2. Here are the regression results:
The SAS System 22:03 Wednesday, April 23, 2008 2
The REG Procedure
Model: MODEL1
Dependent Variable: lnsalary
Number of Observations Read 353
Number of Observations Used 353
Analysis of Variance
Sum of Mean
Source DF Squares Square F Value Pr > F
Model 13 321.65592 24.74276 49.19 <.0001
Error 339 170.51958 0.50301
Corrected Total 352 492.17551
Root MSE 0.70923 R-Square 0.6535
Dependent Mean 13.49218 Adj R-Sq 0.6403
Coeff Var 5.25660
Parameter Estimates
Parameter Standard
Variable Label DF Estimate Error t Value Pr > |t|
Intercept Intercept 1 11.12955 2.30445 4.83 <.0001
years years 1 0.05842 0.01227 4.76 <.0001
gamesyr gamesyr 1 0.00977 0.00338 2.89 0.0041
bavg bavg 1 0.00048138 0.00114 0.42 0.6734
hrunsyr hrunsyr 1 0.01915 0.01596 1.20 0.2312
rbisyr rbisyr 1 0.00179 0.00748 0.24 0.8112
runsyr runsyr 1 0.01187 0.00453 2.62 0.0091
fldperc fldperc 1 0.00028326 0.00231 0.12 0.9024
allstar allstar 1 0.00634 0.00288 2.20 0.0287
frstbase frstbase 1 -0.13280 0.13092 -1.01 0.3111
scndbase scndbase 1 -0.16110 0.14143 -1.14 0.2555
thrdbase thrdbase 1 0.01453 0.14304 0.10 0.9192
shrtstop shrtstop 1 -0.06057 0.13020 -0.47 0.6421
catcher catcher 1 0.25356 0.13131 1.93 0.0543
a. Ho: catcher = outfield
Ha: catcher ≠ outfield
Note: this can be done in 2 different ways. The first, is to just use the t-statistic for catcher above, since outfield (which is not included) is the intercept, and that measures if it is different. The p-value here is .0543, so I can NOT reject the null at the α = .05 significance level.

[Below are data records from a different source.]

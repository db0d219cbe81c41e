ghost use Rattle.keep_change.specs.Filling.{FacetsFollow, FilesComeFrom, WrittenFacetsTurn};
ghost use Rattle.keep_change.specs.Law.{RedoIsExact, TakingBackRestores, UndoIsExact};
ghost use Rattle.keep_change.specs.Lists.{SortedListsAreWellFormed, WhatIsAskedIsMet};

/// The law under `unapply`: it gives back the repository that the change was made in.
pub fn taking_back_restores()
    ensures { TakingBackRestores }
{}

/// The law under undo: what becomes of a history when one of its changes is taken out.
pub fn undo_is_exact()
    ensures { UndoIsExact }
{}

/// The law under redo: what becomes of a history when a change is put in at its place.
pub fn redo_is_exact()
    ensures { RedoIsExact }
{}

/// What a planner shows of its change's lists, so that the change can be committed to some repository.
pub fn sorted_lists_are_well_formed()
    ensures { SortedListsAreWellFormed }
{}

/// What a planner shows of the repository that it plans on, so that its change is met there.
pub fn what_is_asked_is_met()
    ensures { WhatIsAskedIsMet }
{}

/// What a change that is met finds and leaves, facet by facet, as its lists say; and where the files of its
/// result come from.
pub fn results_follow_the_lists()
    ensures facets { FacetsFollow }
    ensures files { FilesComeFrom }
{}

/// What the facets that a change writes hold before it and after it, and that no others change.
pub fn written_facets_turn()
    ensures { WrittenFacetsTurn }
{}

Or, you could just do it this way (what I did first before I realized that the above way worked as well: gives the same results):
SAS was giving me an error, so I had to include outfield in the above model. I used the ‘test’ statement, and got the following results:
The SAS System 22:03 Wednesday, April 23, 2008 5
The REG Procedure
Model: MODEL1
Test 1 Results for Dependent Variable lnsalary
Mean
Source DF Square F Value Pr > F
Numerator 1 1.87551 3.73 0.0543
Denominator 339 0.50301
At the α = .05 level, I must NOT reject this (although it is very close to being rejected), because .0543>.05. So, I can conclude that, statistically, the salaries of an outfielder and a catcher are the same.

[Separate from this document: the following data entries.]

ghost use Rattle.std.specs.Prelude.{◌≡◌, ◌≢◌, ◌≤◌, ◌↔◌, [], IsTrue, map, count_by};
ghost use Rattle.std.specs.List.{list_all};
ghost use Rattle.keep_repo.specs.Facet.{facet_eq};
ghost use Rattle.keep_change.specs.Change.{written};
ghost use Rattle.keep_change.specs.Form.{IsInOrder, ListsInOrder, HasNoFacetTwice, AreNamedByBytes, IsWellFormed, is_once};
ghost use Rattle.keep_change.specs.Touch.{facets};

use crate::change::Change;
use crate::member::{Member, contains};
use crate::stored_file::StoredFile;
use keep_repo::Facet;

impl Change {
    /// Whether the change can be committed to some repository. It takes no memory, and n log n
    /// steps for n facets.
    pub fn well_formed(&self) -> bool
        ensures { IsTrue result ↔ IsWellFormed self.now }
    {
        self.lists_in_order()
            && self.has_no_facet_twice()
            && are_named_by_bytes(self.adds.as_slice())
            && self.writes_something()
    }

    fn lists_in_order(&self) -> bool
        ensures { IsTrue result ↔ ListsInOrder self.now }
    {
        in_order(self.adds.as_slice())
            && in_order(self.drops.as_slice())
            && in_order(self.sets.as_slice())
            && in_order(self.clears.as_slice())
            && in_order(self.present.as_slice())
            && in_order(self.absent.as_slice())
            && in_order(self.marked.as_slice())
            && in_order(self.unmarked.as_slice())
    }

    /// How often the facet stands in the lists.
    fn times(&self, facet: Facet) -> u8
        requires { ListsInOrder self.now }
        ensures { result ≡ count_by (facet_eq facet) (facets self.now) }
    {
        let adds = times_in(self.adds.as_slice(), facet);
        let drops = times_in(self.drops.as_slice(), facet);
        let sets = times_in(self.sets.as_slice(), facet);
        let clears = times_in(self.clears.as_slice(), facet);
        let present = times_in(self.present.as_slice(), facet);
        let absent = times_in(self.absent.as_slice(), facet);
        let marked = times_in(self.marked.as_slice(), facet);
        let unmarked = times_in(self.unmarked.as_slice(), facet);
        adds + drops + sets + clears + present + absent + marked + unmarked
    }

    fn has_no_facet_twice(&self) -> bool
        requires { ListsInOrder self.now }
        ensures { IsTrue result ↔ HasNoFacetTwice self.now }
    {
        self.has_each_once(self.adds.as_slice())
            && self.has_each_once(self.drops.as_slice())
            && self.has_each_once(self.sets.as_slice())
            && self.has_each_once(self.clears.as_slice())
            && self.has_each_once(self.present.as_slice())
            && self.has_each_once(self.absent.as_slice())
            && self.has_each_once(self.marked.as_slice())
            && self.has_each_once(self.unmarked.as_slice())
    }

    fn has_each_once<M: Member>(&self, members: &[M]) -> bool
        requires { ListsInOrder self.now }
        ensures { result ≡ list_all (λ member. is_once self.now (M.facet_of member)) members.now }
    {
        for member in members {
            if self.times(member.facet()) != 1 {
                return false;
            }
        }
        true
    }

    fn writes_something(&self) -> bool
        ensures { IsTrue result ↔ (written self.now ≢ []) }
    {
        !(self.adds.as_slice().is_empty()
            && self.drops.as_slice().is_empty()
            && self.sets.as_slice().is_empty()
            && self.clears.as_slice().is_empty())
    }
}

/// Whether each file is named by the SHA-256 of its bytes.
fn are_named_by_bytes(files: &[StoredFile]) -> bool
    ensures { IsTrue result ↔ AreNamedByBytes files.now }
{
    files.iter().all(|file| file.is_named_by_bytes())
}

/// Whether each member's facet is above the one before.
fn in_order<M: Member>(members: &[M]) -> bool
    ensures { IsTrue result ↔ IsInOrder (map M.facet_of members.now) }
{
    members.is_sorted_by(|one, next| one.facet().cmp(&next.facet()).is_lt())
}

/// How often the facet stands in a list that is in order: once, or not at all.
fn times_in<M: Member>(members: &[M], facet: Facet) -> u8
    requires { IsInOrder (map M.facet_of members.now) }
    ensures times { result ≡ count_by (facet_eq facet) (map M.facet_of members.now) }
    ensures once { result ≤ 1 }
{
    u8::from(contains(members, facet))
}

b. Ho: frstbase = scndbase = thrdbase = shrstop = outfield = catcher
Ha: they are ≠
Again, here I used the ‘test outfield = catcher = frstbase = scndbase = thrdbase = shrtstop’ statement in SAS, and got this result:
The SAS System 22:03 Wednesday, April 23, 2008 23
The REG Procedure
Model: MODEL1
Test 1 Results for Dependent Variable lnsalary
Mean
Source DF Square F Value Pr > F
Numerator 5 0.89406 1.78 0.1168
Denominator 339 0.50301
Here, the p-value > .05, so I can NOT reject the null. So, in conclusion, there is no difference in average salary across positions.